(PROVIDED RECORDS)

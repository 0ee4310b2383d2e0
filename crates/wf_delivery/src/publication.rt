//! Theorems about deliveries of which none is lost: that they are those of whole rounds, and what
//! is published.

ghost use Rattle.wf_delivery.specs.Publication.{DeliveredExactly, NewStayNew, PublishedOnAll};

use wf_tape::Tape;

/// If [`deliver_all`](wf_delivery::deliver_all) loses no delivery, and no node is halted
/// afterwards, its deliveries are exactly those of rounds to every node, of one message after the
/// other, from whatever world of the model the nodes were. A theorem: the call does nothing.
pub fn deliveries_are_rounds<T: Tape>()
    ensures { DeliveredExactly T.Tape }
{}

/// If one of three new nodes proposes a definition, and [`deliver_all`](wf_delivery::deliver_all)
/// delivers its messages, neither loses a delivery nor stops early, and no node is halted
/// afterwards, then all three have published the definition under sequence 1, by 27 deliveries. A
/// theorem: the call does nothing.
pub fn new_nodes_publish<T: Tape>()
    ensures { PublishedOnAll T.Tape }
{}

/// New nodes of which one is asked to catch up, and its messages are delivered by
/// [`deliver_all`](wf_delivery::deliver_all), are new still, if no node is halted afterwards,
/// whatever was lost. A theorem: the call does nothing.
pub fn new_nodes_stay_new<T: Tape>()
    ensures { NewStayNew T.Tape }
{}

(End PROVIDED RECORDS)
(PROVIDED RECORDS)

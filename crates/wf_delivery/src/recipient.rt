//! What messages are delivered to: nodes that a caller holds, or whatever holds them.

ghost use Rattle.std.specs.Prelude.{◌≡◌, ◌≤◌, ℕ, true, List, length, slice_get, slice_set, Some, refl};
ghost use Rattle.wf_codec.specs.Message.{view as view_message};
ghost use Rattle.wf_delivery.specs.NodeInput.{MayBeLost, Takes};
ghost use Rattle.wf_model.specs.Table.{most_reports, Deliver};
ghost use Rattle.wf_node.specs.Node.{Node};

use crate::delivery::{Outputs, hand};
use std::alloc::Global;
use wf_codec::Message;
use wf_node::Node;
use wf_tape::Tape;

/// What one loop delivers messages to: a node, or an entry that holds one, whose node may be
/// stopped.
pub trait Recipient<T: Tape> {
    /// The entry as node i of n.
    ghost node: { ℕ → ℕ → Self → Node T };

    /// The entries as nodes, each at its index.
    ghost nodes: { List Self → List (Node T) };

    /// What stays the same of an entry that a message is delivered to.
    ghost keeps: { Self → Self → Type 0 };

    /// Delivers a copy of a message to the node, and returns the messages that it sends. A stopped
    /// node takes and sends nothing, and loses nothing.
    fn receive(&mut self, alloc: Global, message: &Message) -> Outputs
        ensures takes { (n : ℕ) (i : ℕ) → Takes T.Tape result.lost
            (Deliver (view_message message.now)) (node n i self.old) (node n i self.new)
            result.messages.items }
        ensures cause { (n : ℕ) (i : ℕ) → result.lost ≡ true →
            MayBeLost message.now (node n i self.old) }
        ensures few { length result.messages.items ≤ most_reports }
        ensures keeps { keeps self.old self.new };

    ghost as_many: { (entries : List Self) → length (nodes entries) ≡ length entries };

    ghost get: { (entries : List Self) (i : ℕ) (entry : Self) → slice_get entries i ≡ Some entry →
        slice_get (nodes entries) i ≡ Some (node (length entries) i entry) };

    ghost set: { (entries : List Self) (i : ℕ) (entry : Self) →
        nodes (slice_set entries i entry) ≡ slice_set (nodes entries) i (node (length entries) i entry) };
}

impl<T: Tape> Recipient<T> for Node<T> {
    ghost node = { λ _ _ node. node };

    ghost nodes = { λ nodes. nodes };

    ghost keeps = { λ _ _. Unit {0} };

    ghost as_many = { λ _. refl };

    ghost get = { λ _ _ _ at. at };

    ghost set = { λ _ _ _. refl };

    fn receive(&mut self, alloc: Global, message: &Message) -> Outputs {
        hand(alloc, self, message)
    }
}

(End PROVIDED RECORDS)

What you return must be an exact retyping of the lines above starting at the line with "repository 0ee4310b2383d2e0" and ending at the line with "message after the", and nothing besides.

repository 0ee4310b2383d2e0
filename crates/wf_delivery/src/publication.rt
//! Theorems about deliveries of which none is lost: that they are those of whole rounds, and what
//! is published.

ghost use Rattle.wf_delivery.specs.Publication.{DeliveredExactly, NewStayNew, PublishedOnAll};

use wf_tape::Tape;

/// If [`deliver_all`](wf_delivery::deliver_all) loses no delivery, and no node is halted
/// afterwards, its deliveries are exactly those of rounds to every node, of one message after the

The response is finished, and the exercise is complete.